### Materials provided
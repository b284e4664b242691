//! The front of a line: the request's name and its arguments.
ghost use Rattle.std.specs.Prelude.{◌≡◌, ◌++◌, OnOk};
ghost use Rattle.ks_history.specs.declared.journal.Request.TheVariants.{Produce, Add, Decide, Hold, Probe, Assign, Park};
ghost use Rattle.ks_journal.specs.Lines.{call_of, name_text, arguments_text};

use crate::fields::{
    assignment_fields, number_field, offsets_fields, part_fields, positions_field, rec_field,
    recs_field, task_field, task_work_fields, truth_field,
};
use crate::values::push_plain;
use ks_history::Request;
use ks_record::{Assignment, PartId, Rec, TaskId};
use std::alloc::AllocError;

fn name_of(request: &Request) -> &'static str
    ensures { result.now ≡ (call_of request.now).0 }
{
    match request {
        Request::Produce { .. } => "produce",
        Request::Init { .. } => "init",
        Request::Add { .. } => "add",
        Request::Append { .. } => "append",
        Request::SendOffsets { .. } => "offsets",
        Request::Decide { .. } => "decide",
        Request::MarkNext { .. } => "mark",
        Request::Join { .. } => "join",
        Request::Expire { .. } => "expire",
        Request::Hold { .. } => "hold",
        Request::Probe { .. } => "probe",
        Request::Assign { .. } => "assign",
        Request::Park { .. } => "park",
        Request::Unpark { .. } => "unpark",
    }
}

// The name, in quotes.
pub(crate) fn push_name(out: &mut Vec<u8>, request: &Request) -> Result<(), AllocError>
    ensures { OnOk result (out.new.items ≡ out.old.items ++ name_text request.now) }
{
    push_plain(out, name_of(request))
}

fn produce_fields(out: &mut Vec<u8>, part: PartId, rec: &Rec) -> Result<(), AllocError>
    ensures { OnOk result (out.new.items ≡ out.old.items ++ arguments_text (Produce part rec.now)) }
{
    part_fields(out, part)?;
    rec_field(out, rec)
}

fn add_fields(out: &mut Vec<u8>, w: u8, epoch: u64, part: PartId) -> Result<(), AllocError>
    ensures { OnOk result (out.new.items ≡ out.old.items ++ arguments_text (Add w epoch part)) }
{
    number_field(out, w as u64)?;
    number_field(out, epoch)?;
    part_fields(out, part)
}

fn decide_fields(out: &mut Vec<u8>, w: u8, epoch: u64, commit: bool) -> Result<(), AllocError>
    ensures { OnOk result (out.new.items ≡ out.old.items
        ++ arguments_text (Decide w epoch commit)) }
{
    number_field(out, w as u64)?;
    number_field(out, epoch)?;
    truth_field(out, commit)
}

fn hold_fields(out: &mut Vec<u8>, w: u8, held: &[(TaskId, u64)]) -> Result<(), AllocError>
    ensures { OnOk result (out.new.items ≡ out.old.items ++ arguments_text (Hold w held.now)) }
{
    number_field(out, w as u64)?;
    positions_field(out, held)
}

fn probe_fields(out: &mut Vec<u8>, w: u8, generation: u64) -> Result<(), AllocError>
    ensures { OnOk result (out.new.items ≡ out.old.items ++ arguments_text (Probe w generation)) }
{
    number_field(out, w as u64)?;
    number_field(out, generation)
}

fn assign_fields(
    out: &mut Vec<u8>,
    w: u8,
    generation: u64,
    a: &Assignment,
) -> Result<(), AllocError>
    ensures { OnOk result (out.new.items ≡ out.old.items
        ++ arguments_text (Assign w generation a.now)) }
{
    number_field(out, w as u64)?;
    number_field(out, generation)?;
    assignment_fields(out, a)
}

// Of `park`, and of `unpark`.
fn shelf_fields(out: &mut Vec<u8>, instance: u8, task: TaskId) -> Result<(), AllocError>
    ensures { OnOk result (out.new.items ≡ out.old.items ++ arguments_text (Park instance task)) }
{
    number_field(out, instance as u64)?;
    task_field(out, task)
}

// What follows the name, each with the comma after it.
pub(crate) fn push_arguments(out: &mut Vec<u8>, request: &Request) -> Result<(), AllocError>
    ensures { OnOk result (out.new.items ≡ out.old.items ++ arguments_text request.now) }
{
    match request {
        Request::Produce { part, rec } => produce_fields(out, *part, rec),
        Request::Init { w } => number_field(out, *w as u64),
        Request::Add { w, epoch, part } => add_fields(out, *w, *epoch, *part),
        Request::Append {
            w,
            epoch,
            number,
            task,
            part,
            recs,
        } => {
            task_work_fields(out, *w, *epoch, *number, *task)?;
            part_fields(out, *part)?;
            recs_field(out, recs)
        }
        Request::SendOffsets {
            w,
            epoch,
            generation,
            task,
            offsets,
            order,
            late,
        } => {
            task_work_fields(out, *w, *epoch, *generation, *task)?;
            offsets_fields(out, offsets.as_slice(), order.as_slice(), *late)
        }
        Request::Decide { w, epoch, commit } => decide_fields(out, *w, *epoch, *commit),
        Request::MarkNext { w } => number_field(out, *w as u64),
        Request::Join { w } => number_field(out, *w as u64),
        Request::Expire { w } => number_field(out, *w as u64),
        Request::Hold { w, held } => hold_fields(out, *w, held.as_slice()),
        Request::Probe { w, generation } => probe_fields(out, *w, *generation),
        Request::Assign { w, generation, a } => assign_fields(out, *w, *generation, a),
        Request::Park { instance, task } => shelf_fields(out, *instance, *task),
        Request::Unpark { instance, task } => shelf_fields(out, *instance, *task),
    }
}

### Work request
Every record listed above should be reproduced exactly.

### Solved problem
repository b284e4664b242691
//! The front of a line: the request's name and its arguments.
ghost use Rattle.std.specs.Prelude.{◌≡◌, ◌++◌, OnOk};
ghost use Rattle.ks_history.specs.declared.journal.Request.TheVariants.{Produce, Add, Decide, Hold, Probe, Assign, Park};
ghost use Rattle.ks_journal.specs.Lines.{call_of, name_text, arguments_text};

use crate::fields::{
    assignment_fields, number_field, offsets_fields, part_fields, positions_field, rec_field,
    recs_field, task_field, task_work_fields, truth_field,
};
use crate::values::push_plain;
use ks_history::Request;
use ks_record::{Assignment, PartId, Rec, TaskId};
use std::alloc::AllocError;

fn name_of(request: &Request) -> &'static str
    ensures { result.now ≡ (call_of request.now).0 }
{
    match request {
        Request::Produce { .. } => "produce",
        Request::Init { .. } => "init",
        Request::Add { .. } => "add",
        Request::Append { .. } => "append",
        Request::SendOffsets { .. } => "offsets",
        Request::Decide { .. } => "decide",
        Request::MarkNext { .. } => "mark",
        Request::Join { .. } => "join",
        Request::Expire { .. } => "expire",
        Request::Hold { .. } => "hold",
        Request::Probe { .. } => "probe",
        Request::Assign { .. } => "assign",
        Request::Park { .. } => "park",
        Request::Unpark { .. } => "unpark",
    }
}

// The name, in quotes.
pub(crate) fn push_name(out: &mut Vec<u8>, request: &Request) -> Result<(), AllocError>
    ensures { OnOk result (out.new.items ≡ out.old.items ++ name_text request.now) }
{
    push_plain(out, name_of(request))
}

fn produce_fields(out: &mut Vec<u8>, part: PartId, rec: &Rec) -> Result<(), AllocError>
    ensures { OnOk result (out.new.items ≡ out.old.items ++ arguments_text (Produce part rec.now)) }
{
    part_fields(out, part)?;
    rec_field(out, rec)
}

fn add_fields(out: &mut Vec<u8>, w: u8, epoch: u64, part: PartId) -> Result<(), AllocError>
    ensures { OnOk result (out.new.items ≡ out.old.items ++ arguments_text (Add w epoch part)) }
{
    number_field(out, w as u64)?;
    number_field(out, epoch)?;
    part_fields(out, part)
}

fn decide_fields(out: &mut Vec<u8>, w: u8, epoch: u64, commit: bool) -> Result<(), AllocError>
    ensures { OnOk result (out.new.items ≡ out.old.items
        ++ arguments_text (Decide w epoch commit)) }
{
    number_field(out, w as u64)?;
    number_field(out, epoch)?;
    truth_field(out, commit)
}

fn hold_fields(out: &mut Vec<u8>, w: u8, held: &[(TaskId, u64)]) -> Result<(), AllocError>
    ensures { OnOk result (out.new.items ≡ out.old.items ++ arguments_text (Hold w held.now)) }
{
    number_field(out, w as u64)?;
    positions_field(out, held)
}

fn probe_fields(out: &mut Vec<u8>, w: u8, generation: u64) -> Result<(), AllocError>
    ensures { OnOk result (out.new.items ≡ out.old.items ++ arguments_text (Probe w generation)) }
{
    number_field(out, w as u64)?;
    number_field(out, generation)
}

fn assign_fields(
    out: &mut Vec<u8>,
    w: u8,
    generation: u64,
    a: &Assignment,
) -> Result<(), AllocError>
    ensures { OnOk result (out.new.items ≡ out.old.items
        ++ arguments_text (Assign w generation a.now)) }
{
    number_field(out, w as u64)?;
    number_field(out, generation)?;
    assignment_fields(out, a)
}

// Of `park`, and of `unpark`.
fn shelf_fields(out: &mut Vec<u8>, instance: u8, task: TaskId) -> Result<(), AllocError>
    ensures { OnOk result (out.new.items ≡ out.old.items ++ arguments_text (Park instance task)) }
{
    number_field(out, instance as u64)?;
    task_field(out, task)
}

// What follows the name, each with the comma after it.
pub(crate) fn push_arguments(out: &mut Vec<u8>, request: &Request) -> Result<(), AllocError>
    ensures { OnOk result (out.new.items ≡ out.old.items ++ arguments_text request.now) }
{
    match request {
        Request::Produce { part, rec } => produce_fields(out, *part, rec),
        Request::Init { w } => number_field(out, *w as u64),
        Request::Add { w, epoch, part } => add_fields(out, *w, *epoch, *part),
        Request::Append {
            w,
            epoch,
            number,
            task,
            part,
            recs,
        } => {
            task_work_fields(out, *w, *epoch, *number, *task)?;
            part_fields(out, *part)?;
            recs_field(out, recs)
        }
        Request::SendOffsets {
            w,
            epoch,
            generation,
            task,
            offsets,
            order,
            late,
        } => {
            task_work_fields(out, *w, *epoch, *generation, *task)?;
            offsets_fields(out, offsets.as_slice(), order.as_slice(), *late)
        }
        Request::Decide { w, epoch, commit } => decide_fields(out, *w, *epoch, *commit),
        Request::MarkNext { w } => number_field(out, *w as u64),
        Request::Join { w } => number_field(out, *w as u64),
        Request::Expire { w } => number_field(out, *w as u64),
        Request::Hold { w, held } => hold_fields(out, *w, held.as_slice()),
        Request::Probe { w, generation } => probe_fields(out, *w, *generation),
        Request::Assign { w, generation, a } => assign_fields(out, *w, *generation, a),
        Request::Park { instance, task } => shelf_fields(out, *instance, *task),
        Request::Unpark { instance, task } => shelf_fields(out, *instance, *task),
    }
}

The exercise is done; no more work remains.